Malgré l’avis favorable de la DACS publié aux Rapports annuels 2019, 2020 et 2021, cette disposition est restée inchangée. Il convient donc de réitérer cette suggestion pour l’année 2022. Il peut être observé que la solution résultant de l’arrêt du 18 décembre 20196 a été réitérée par deux fois en 20217.

La DACS est favorable à cette proposition de réforme pour répondre aux trois objectifs suivants :

  • sécuriser les conventions matrimoniales ;
  • améliorer la prévisibilité et la sécurité juridique ;
  • rendre plus attractif le régime de participation aux acquêts.

Pour mémoire, en vertu de l’article 1581 du code civil, les époux mariés sous le régime de la participation aux acquêts peuvent aménager ce régime, sous réserve que les clauses contractualisées soient conformes aux bonnes mœurs et au régime primaire.

Les époux peuvent ainsi notamment convenir d’une clause de partage inégal en stipulant dans le contrat de mariage que les biens professionnels d’un époux ne seront pas pris en compte pour le calcul de la créance de participation lors de la dissolution du régime matrimonial pour cause de divorce.

Comme l’illustre la jurisprudence de la Cour de cassation8, cette clause constitue un avantage matrimonial qui prend effet à la dissolution du régime de participation aux acquêts. Elle est donc soumise au respect de l’article 265 du code civil lequel dispose en son alinéa 2 que « le divorce emporte révocation de plein droit des avantages matrimoniaux qui ne prennent effet qu’à la dissolution du régime matrimonial ou au décès de l’un des époux […] ».

Or, au regard des arrêts précités, l’application de l’article 265 du code civil prive la clause d’exclusion des biens professionnels des époux du calcul de la créance de participation de toute efficacité en cas de divorce.

Les arrêts de la Cour de cassation sont tout à fait respectueux de la lettre de l’article 265, alinéa 2, du code civil, qui ne correspond pourtant pas du tout à l’esprit de la clause : la loi déjoue l’intention initiale des époux au moment où celle-ci doit produire ses effets. Or, la clause d’exclusion des biens professionnels n’a de sens que si elle peut s’appliquer à la dissolution du régime matrimonial, y compris en cas de divorce. On peut voir dans l’article 265, alinéa 2, du code civil une atteinte au principe de liberté des conventions matrimoniales.
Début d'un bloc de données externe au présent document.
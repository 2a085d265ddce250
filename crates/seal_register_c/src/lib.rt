// The static library for C of the calls on lent memory (include/seal_register.h): each is the call of that name of
// seal_register.
#![tactic(auto)]

ghost use Rattle.std.specs.Prelude.{◌≡◌};
ghost use Rattle.history.specs.Register.{commit_answer, release_answer, UndoAnswers};
ghost use Rattle.seal_register.specs.{InPlace.in_place, RowWalk.reached, RowWalk.RowWalkAnswers};

use history::Register;
use jacobian::{Class, Curve};
use seal_register::walk::RowWalk;
use seal_register::{register, walk};

// The lent register becomes the one after a commit; on a refusal it stays as it was.
#[unsafe(no_mangle)]
pub extern "C" fn seal_register_commit(register: &mut Register, class: Class) -> u32
    ensures { in_place result register.new ≡ commit_answer register.old class }
{
    register::seal_register_commit(register, class)
}

// The lent register becomes the one after an undo; on a refusal it stays as it was.
#[unsafe(no_mangle)]
pub extern "C" fn seal_register_undo(register: &mut Register, class: Class) -> u32
    ensures { UndoAnswers register.old class (in_place result register.new) }
{
    register::seal_register_undo(register, class)
}

// The lent register becomes the one after a release; on a refusal it stays as it was.
#[unsafe(no_mangle)]
pub extern "C" fn seal_register_release(register: &mut Register) -> u32
    ensures { in_place result register.new ≡ release_answer register.old }
{
    register::seal_register_release(register)
}

// The earliest seal, from which commits of the row's classes, oldest first, lead to the last one; or the refusal of the
// first check that fails.
#[unsafe(no_mangle)]
pub extern "C" fn seal_walk_row(curve: Curve, last: Class, row: &[Class]) -> RowWalk
    ensures { RowWalkAnswers curve last row.now (reached result) }
{
    walk::seal_walk_row(curve, last, row)
}
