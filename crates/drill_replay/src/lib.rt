// Recorded moves to text: for each record the drill's line of its move, or `?` where it is no move.
#![tactic(auto)]

ghost use Rattle.std.specs.Prelude.{◌≡◌};
ghost use Rattle.base_text.specs.Text.{wrote, Counts};
ghost use Rattle.drill_replay.specs.Replay.{started, replayed, printed, Gives};

use base_text::Writer;
use bus::World;
use bus_moves::{is_move, move_of, record_at, record_count};
use drill_text::{append_bad, append_move};
use set_plan::Plan;

#[derive(Clone, Copy)]
pub struct Replay {
    pub plan: Plan,
    pub world: World,
    // records so far
    pub count: u64,
}

// A replay after a piece of input, and how many bytes of text the piece gave.
#[derive(Clone, Copy)]
pub struct Fed {
    pub replay: Replay,
    pub length: usize,
}

impl Replay {
    // From power-on.
    pub fn start(plan: Plan) -> Replay
        ensures { result ≡ started plan }
    {
        Replay {
            plan,
            world: World::power_on(plan.sleeps()),
            count: 0,
        }
    }

    fn feed_from(self, input: &[u8], out: &mut Writer<'_>) -> Replay
        ensures state { result ≡ replayed self input.now }
        ensures text { out.new ≡ wrote (printed self input.now) out.old }
    {
        let plan = self.plan;
        let mut world = self.world;
        let mut count = self.count;
        for k in 0..record_count(input) {
            let bytes = record_at(input, k);
            count = count.wrapping_add(1);
            if is_move(bytes) {
                let moved = world.act(plan, move_of(bytes));
                world = moved.world;
                append_move(out, count, &world, plan.nodecount, moved.refusal);
            } else {
                append_bad(out, count);
            }
        }
        Replay { plan, world, count }
    }

    // A piece more of the input, of whole records but for a last piece. Its text stands at the front of the buffer, as far as there is
    // room: 80 places for each record are enough.
    #[tactic(auto, unfolding(base_text::specs::Text::wrote))]
    pub fn feed(self, input: &[u8], out: &mut [u8]) -> Fed
        ensures gives { Gives (replayed self input.now) (printed self input.now) out.old out.new result }
        ensures counts { Counts result.length out.new }
    {
        let mut text = Writer::new(out);
        let replay = self.feed_from(input, &mut text);
        Fed {
            replay,
            length: text.length(),
        }
    }
}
La Cour de cassation appelle le législateur à modifier l’article 265 du code civil, de façon à consacrer la validité d’une telle clause, comme cela a pu être fait en 2006 à propos de la clause dite « alsacienne » de reprise des apports en régime de communauté.

Bien avant ces arrêts, la doctrine avait déjà alerté à plusieurs reprises sur le risque d’inefficacité de telles clauses en l’état du droit positif et appelait à une réécriture de l’article 265 du code civil9.
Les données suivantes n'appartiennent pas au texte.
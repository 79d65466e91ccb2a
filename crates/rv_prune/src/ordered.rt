//! Which reports are ordered, and which are of an atomic, as `specs/Ordered.antt` has it.
ghost use Rattle.std.specs.Prelude.{◌≡◌};
ghost use Rattle.rv_prune.specs.Ordered as spec;

use crate::code::instruction_at;
use crate::fences::{is_acquire, is_release};
use crate::role::Role;
use crate::waits::is_wait;
use rv_collide::ending::{Ending, Verdict};
use rv_elf::Image;
use rv_isa::shape::Shape;

fn role_of(image: &Image, pc: u32, shape: Shape) -> Role
    ensures { result ≡ spec.role_of image.now pc shape }
{
    match shape {
        Shape::Lr | Shape::Sc | Shape::Amo => Role::Atomic,
        Shape::PlainStore(_) if is_release(image, pc) => Role::Release,
        Shape::PlainLoad(_) if is_acquire(image, pc) || is_wait(image, pc) => Role::Acquire,
        Shape::PlainLoad(_) => Role::Load,
        Shape::PlainStore(_) | Shape::Other => Role::Plain,
    }
}

/// What the instruction at an address is to the order of accesses; Plain where the image's file has none
/// there. A release is a store whose nearest fence in front of it orders reads and writes before writes, an
/// acquire a load whose nearest fence behind it orders reads before reads and writes, or one that a loop makes
/// again until it finds what it waits for, with such a fence, or LR or an AMO with aq, behind the loop.
#[tactic(auto, unfolding(crate::specs::Ordered::role_at))]
pub fn role_at(image: &Image, pc: u32) -> Role
    ensures { result ≡ spec.role_at image.now pc }
{
    match instruction_at(image, pc) {
        Some(found) => role_of(image, pc, found.shape()),
        None => Role::Plain,
    }
}

fn is_ordering(role: Role) -> bool
    ensures { result ≡ spec.is_ordering role }
{
    match role {
        Role::Atomic | Role::Release | Role::Acquire => true,
        Role::Load | Role::Plain => false,
    }
}

fn are_ordered(one: Role, other: Role) -> bool
    ensures { result ≡ spec.are_ordered one other }
{
    is_ordering(one) && is_ordering(other)
}

fn is_atomic_with_load(one: Role, other: Role) -> bool
    ensures { result ≡ spec.is_atomic_with_load one other }
{
    match (one, other) {
        (Role::Atomic, Role::Load) => true,
        _ => false,
    }
}

fn are_atomic(one: Role, other: Role) -> bool
    ensures { result ≡ spec.are_atomic one other }
{
    is_atomic_with_load(one, other) || is_atomic_with_load(other, one)
}

/// Whether the ending is a hit that a lock, or a release and an acquire, would give: both accesses order. No
/// class of `classify` depends on it. It takes no memory.
#[tactic(auto, unfolding(crate::specs::Ordered::is_ordered))]
pub fn is_ordered(image: &Image, ending: &Ending) -> bool
    ensures { result ≡ spec.is_ordered image.now ending.now }
{
    match ending.verdict {
        Verdict::Hit(seen) => are_ordered(
            role_at(image, ending.access.pc),
            role_at(image, seen.access.pc),
        ),
        Verdict::Changed | Verdict::Quiet => false,
    }
}

/// Whether the ending is a hit of LR, SC or an AMO and a plain load that no fence orders. No class of `classify`
/// depends on it. It takes no memory.
#[tactic(auto, unfolding(crate::specs::Ordered::is_atomic))]
pub fn is_atomic(image: &Image, ending: &Ending) -> bool
    ensures { result ≡ spec.is_atomic image.now ending.now }
{
    match ending.verdict {
        Verdict::Hit(seen) => are_atomic(
            role_at(image, ending.access.pc),
            role_at(image, seen.access.pc),
        ),
        Verdict::Changed | Verdict::Quiet => false,
    }
}
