//! Which runs a hunt makes.
//!
//! To the layer above, each run's plan is a function of its number (`specs/Plans.antt`), and whether one more is made of
//! how far the hunt has come (`specs/GoesOn.antt`). A run is made again by its plan and its number.
#![tactic(auto)]

pub mod limit;
pub mod plans;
Le 106e Congrès des notaires10 avait lui aussi mis en évidence ce risque et avait appelé à une modification de l’article 265 du code civil, afin de prendre en compte l’existence de telles clauses.

La DACS considère qu’une nouvelle précision relative au régime de participation aux acquêts pourrait donc apparaître cohérente au regard de l’évolution intervenue en 2006.
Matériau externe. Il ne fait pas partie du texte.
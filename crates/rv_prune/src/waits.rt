//! Loads that loops wait on, as `specs/Waits.antt` has them.
ghost use Rattle.std.specs.Prelude.{◌≡◌, ◌==◌};
ghost use Rattle.std.specs.List.{list_any};
ghost use Rattle.rv_prune.specs.Waits as spec;

use crate::code::instruction_at;
use crate::fences::{is_fence, is_order, may_leave, orders_a_load, words_after, words_before};
use rv_elf::Image;
use rv_isa::instr::Instr;
use rv_isa::op::Op;
use rv_isa::shape::Shape;

fn is_branch(op: Op) -> bool
    ensures { result ≡ spec.is_branch op }
{
    matches!(
        op,
        Op::Beq | Op::Bne | Op::Blt | Op::Bge | Op::Bltu | Op::Bgeu
    )
}

fn is_access(shape: Shape) -> bool
    ensures { result ≡ spec.is_access shape }
{
    !matches!(shape, Shape::Other)
}

fn computes(found: &Instr) -> bool
    ensures { result ≡ spec.computes found.now }
{
    !(is_access(found.shape()) || is_order(found) || may_leave(found.op))
}

/// The first branch among the words at these addresses, and where it is; the words before it only compute.
fn first_branch(image: &Image, addresses: &[u32]) -> Option<(u32, Instr)>
    ensures { result ≡ spec.first_branch image.now addresses.now }
{
    let [address, farther @ ..] = addresses else {
        return None;
    };
    let found = instruction_at(image, *address)?;
    if is_branch(found.op) {
        Some((*address, found))
    } else if computes(&found) {
        first_branch(image, farther)
    } else {
        None
    }
}

/// The address from which an instruction leads on by its immediate.
fn target_of(address: u32, found: &Instr) -> u32
    ensures { result ≡ spec.target_of address found.now }
{
    address.wrapping_add(found.imm.cast_unsigned())
}

fn is_among(words: &[u32], target: u32) -> bool
    ensures { result ≡ list_any (λ word. word == target) words.now }
{
    words.iter().any(|word| *word == target)
}

fn goes_back(pc: u32, address: u32, branch: &Instr) -> bool
    ensures { result ≡ spec.goes_back pc address branch.now }
{
    let target = target_of(address, branch);
    target == pc || is_among(&words_before(pc)[..4], target)
}

fn is_goto(found: &Instr) -> bool
    ensures { result ≡ spec.is_goto found.now }
{
    matches!(found.op, Op::Jal) && found.rd == 0
}

/// Where a hart goes on for certain behind an instruction.
fn next_word(address: u32, found: &Instr) -> Option<u32>
    ensures { result ≡ spec.next_word address found.now }
{
    if is_goto(found) {
        Some(target_of(address, found))
    } else if may_leave(found.op) {
        None
    } else {
        Some(address.wrapping_add(4))
    }
}

/// The first fence or access among so many words that a hart comes by, from an address on.
#[tactic(auto, using(crate::proofs::WaitLemmas::first_order_steps), unfolding(crate::specs::Waits::first_order))]
fn first_order(image: &Image, left: u32, address: u32) -> Option<Instr>
    ensures { result ≡ spec.first_order image.now left address }
{
    if left == 0 {
        return None;
    }
    let found = instruction_at(image, address)?;
    if is_access(found.shape()) || is_order(&found) {
        Some(found)
    } else {
        first_order(image, left - 1, next_word(address, &found)?)
    }
}

/// It keeps what comes behind it from coming in front of a load that is before it.
fn acquires(found: &Instr) -> bool
    ensures { result ≡ spec.acquires found.now }
{
    match found.shape() {
        Shape::Lr | Shape::Amo => found.aq,
        _ => is_fence(found.op) && orders_a_load(found),
    }
}

fn leads_to_acquire(image: &Image, address: u32) -> bool
    ensures { result ≡ spec.leads_to_acquire image.now address }
{
    match first_order(image, 16, address) {
        Some(found) => acquires(&found),
        None => false,
    }
}

/// Whether a loop makes a load at this address again until it finds what it waits for, and acquires then.
pub(crate) fn is_wait(image: &Image, pc: u32) -> bool
    ensures { result ≡ spec.is_wait image.now pc }
{
    match first_branch(image, &words_after(pc)[..4]) {
        Some((address, branch)) => {
            goes_back(pc, address, &branch) && leads_to_acquire(image, address.wrapping_add(4))
        }
        None => false,
    }
}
En effet, il existe un risque de faire perdre son attractivité au régime de participation aux acquêts par exemple pour un chef d’entreprise si la clause protégeant son conjoint, tout en mettant à l’abri son outil professionnel, est privée d’effet au moment où elle serait utile.  


1. Article 1031-1 du code de procédure civile.  

2. Avis de la Cour de cassation, 20 novembre 2000, no 02-00.016, Bull. 2000, Avis, no 10.

3. Article 23-3, alinéa 3, de l’ordonnance no 58-1067 du 7 novembre 1958.

4. 1re Civ., 18 décembre 2019, pourvoi n° 18-26.337, publié au Bulletin.   

5.1re Civ., 31 janvier 2006, pourvoi no 02-21.121, Bull. 2006, I, no 48 ; 1re Civ., 3 décembre 2008, pourvoi no 07-19.348, Bull. 2008, I, no 281.

6.1re Civ., 18 décembre 2019, pourvoi no 18-26.337, publié au Bulletin.   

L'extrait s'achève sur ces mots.